飯盛山の所在地は超有名リゾートである清里、よって首都圏からのアクセスは一般的には中央自動車道となるが、ゴールデンウィークにそんな正攻法で行ったら日が暮れてしまう。よって、今回は我々がよく使用する裏ルートである秩父・中津川林道経由で向かうことにした。

最近夜更かしがひどい私は前夜も0100過ぎ就寝、睡眠時間は正味4時間ちょっとである。予想では行きに6時間強、帰りはさすがに中央道or甲州街道経由を予定しているので(中津川林道は夜間通行止め)、渋滞を考えるとその日のうちに帰ってこれるかどうかという行程である。その昔はこの位の事は無茶ともいえないものだったが、体力の衰えも感じつつある昨今、果たして体は持つのか!?ということで、0500過ぎに起床しジャスト0530自宅をスタート。連休だというのにガラ空きの青梅街道を西へ。新青梅街道―箱根ヶ崎で岩蔵街道へ―岩蔵温泉―飯能より国道299号と走り、秩父市街に入ったのが0800過ぎ。ここで右折し、国道140号で大滝―右折して中津川林道に至る。

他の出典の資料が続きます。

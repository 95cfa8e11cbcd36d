//! What the decisions on movements have in common.
ghost use Rattle.std.specs.Prelude.{◌≡◌, ◌++◌, Some, IfOk};
ghost use Rattle.toll_stock.specs.Common.{IsDecided, verdict_of_result, facts_of, Checks, verdict_of_checks, key_checks, scrap_checks};
ghost use Rattle.toll_stock.specs.Plans.{enough_checks};

use std::alloc::{AllocError, Global};
use toll_base::{Amount, Change, Decision, MOST_MOVEMENTS, MoveRow, Name, Refusal, Slice};
use toll_history::decide_known;

/// The decision on a movement: by its key if that is known; otherwise the refusal of its checks, or these
/// changes if there is none. It fails only if memory runs out.
pub fn decide_movement(
    alloc: Global,
    slice: &Slice,
    row: &MoveRow,
    checked: Result<(), Refusal>,
    changes: &[Change],
) -> Result<Decision, AllocError>
    ensures { (checks : Checks) → verdict_of_result checked ≡ verdict_of_checks checks
        → IfOk result (IsDecided (key_checks (facts_of slice.now) row.now ++ checks) changes.now) }
{
    if let Some(known) = decide_known(slice, row) {
        return Ok(known);
    }
    match checked {
        Ok(()) => Decision::accept_all(alloc, changes),
        Err(why) => Ok(Decision::Refuse(why)),
    }
}

/// Whether the amount can be taken from the sublot: [`Refusal::UnknownLot`], [`Refusal::UnknownSublot`], then as
/// [`check_enough`] says.
pub fn check_taking(slice: &Slice, lot: &Name, sublot: &Name, amount: Amount) -> Result<(), Refusal>
    ensures { verdict_of_result result
        ≡ verdict_of_checks (scrap_checks (facts_of slice.now) lot.now sublot.now amount) }
{
    if slice.lot(lot).is_none() {
        return Err(Refusal::UnknownLot);
    }
    if slice.sublot(lot, sublot).is_none() {
        return Err(Refusal::UnknownSublot);
    }
    check_enough(slice, lot, sublot, amount)
}

/// Whether there is enough in the sublot, and room for a movement: [`Refusal::NotEnough`], then
/// [`Refusal::LimitReached`] at [`MOST_MOVEMENTS`] movements.
pub fn check_enough(slice: &Slice, lot: &Name, sublot: &Name, amount: Amount) -> Result<(), Refusal>
    ensures { verdict_of_result result
        ≡ verdict_of_checks (enough_checks (facts_of slice.now) lot.now sublot.now amount) }
{
    if slice.amount_in(lot, sublot) < amount.get() {
        return Err(Refusal::NotEnough);
    }
    if slice.moves().len() >= MOST_MOVEMENTS {
        return Err(Refusal::LimitReached);
    }
    Ok(())
}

中津川林道は関東に残された数少ない長距離ダートで、4輪・2輪ともに愛好者は多いが、本日は関東の天気予報が悪かったためか、連休の中日ながら2輪は皆無、4輪も10台はすれ違わなかった。濃霧の中、もうやけくそで前に現れる車をガンガン追い抜いて行く。5〜6台は抜いたろうか、深い谷でも崖下は全く見えず、霧はいつしか小雨に変わっていた(涙)。ダートの始まる「学習の森」を通過したのは0920、県境のサミットである三国峠到着は1030なので、約1時間強の所要時間となる。なお、この林道、例年冬季は通行止めとなるので注意のこと。開通は5月1日のため、今回の通過は開通翌日のことであった。
峠の直前が最悪の天気であったが、どうも峠で一服していると霧の向こう側が覗いて明るくなっているような気がする。ここまで来たら行ってみるしかないので、坂道を下りだしたのだが、いくらもしないうちに霧は晴れ、青空が覗いてきた。やはり「山梨県は晴れ」の予報は当たっていたのである。長野・山梨側は完全舗装されており、勢いに任せて下るのみ。途中あちこちで桜が満開となっていた。もうこの時点で本日の登山は決定!ますます気がはやる。あと30分位か・・・しかし、里(川上村)に降りてからが意外と長い。
途中トイレ休憩に立ち寄った、川上村役場に隣接する林業総合センター「森の交流館」。ここは長野県を代表する河川である千曲川の最上流、塩山より大弛峠・川上牧丘林道を経由し降りてくるルート上に位置し、何度も来ているがいつもここで一服させていただいている。が!今回訪れてびっくりしたことが・・・
なんと!あの幻の名犬、「川上犬」を発見。この犬は国の天然記念物指定にも指定されている、和犬の中でも唯一地方ではなく町村の名を冠する文字通り同村の地犬で、全国にその飼育数300頭余、保存会と少数の愛好家により大切に純血種の飼育が行われている希少種。譲り受けるにも飼い主の適性など厳しい審査があるようだが、なぜか林屋喜久蔵師匠が飼っていることでも知られる(知らネーって!?)。これは最近生まれた子供の「チビ」。熊をも倒す恐ろしい犬だというが、おっかなびっくり近寄ったところ、現代の川上犬はえらく人なつっこいようで尻尾フリフリ近づいてきた。だが、ガラス2枚隔てた廊下越しにふうこを見たところ激しく吠え出すあたり、やはり野生の血か?
川上犬の詳しい解説が掲載されたサイトは

http://www.avis.ne.jp/~genryu/kawakamiken/kawakamiken_main.htm

さすがにGWだけあって駐車場はいっぱい。櫛形の駐車スペースの前に停める。キャパは大体12台ほど。
「森の交流館」を出たのが1120過ぎ、そこから40分ほどで清里に到着。大体予想通りではあったが、ひょっとしたら1100位には着くかな?とも思っていたので、道草で時間を食った分がなければジャスト6時間位の行程である。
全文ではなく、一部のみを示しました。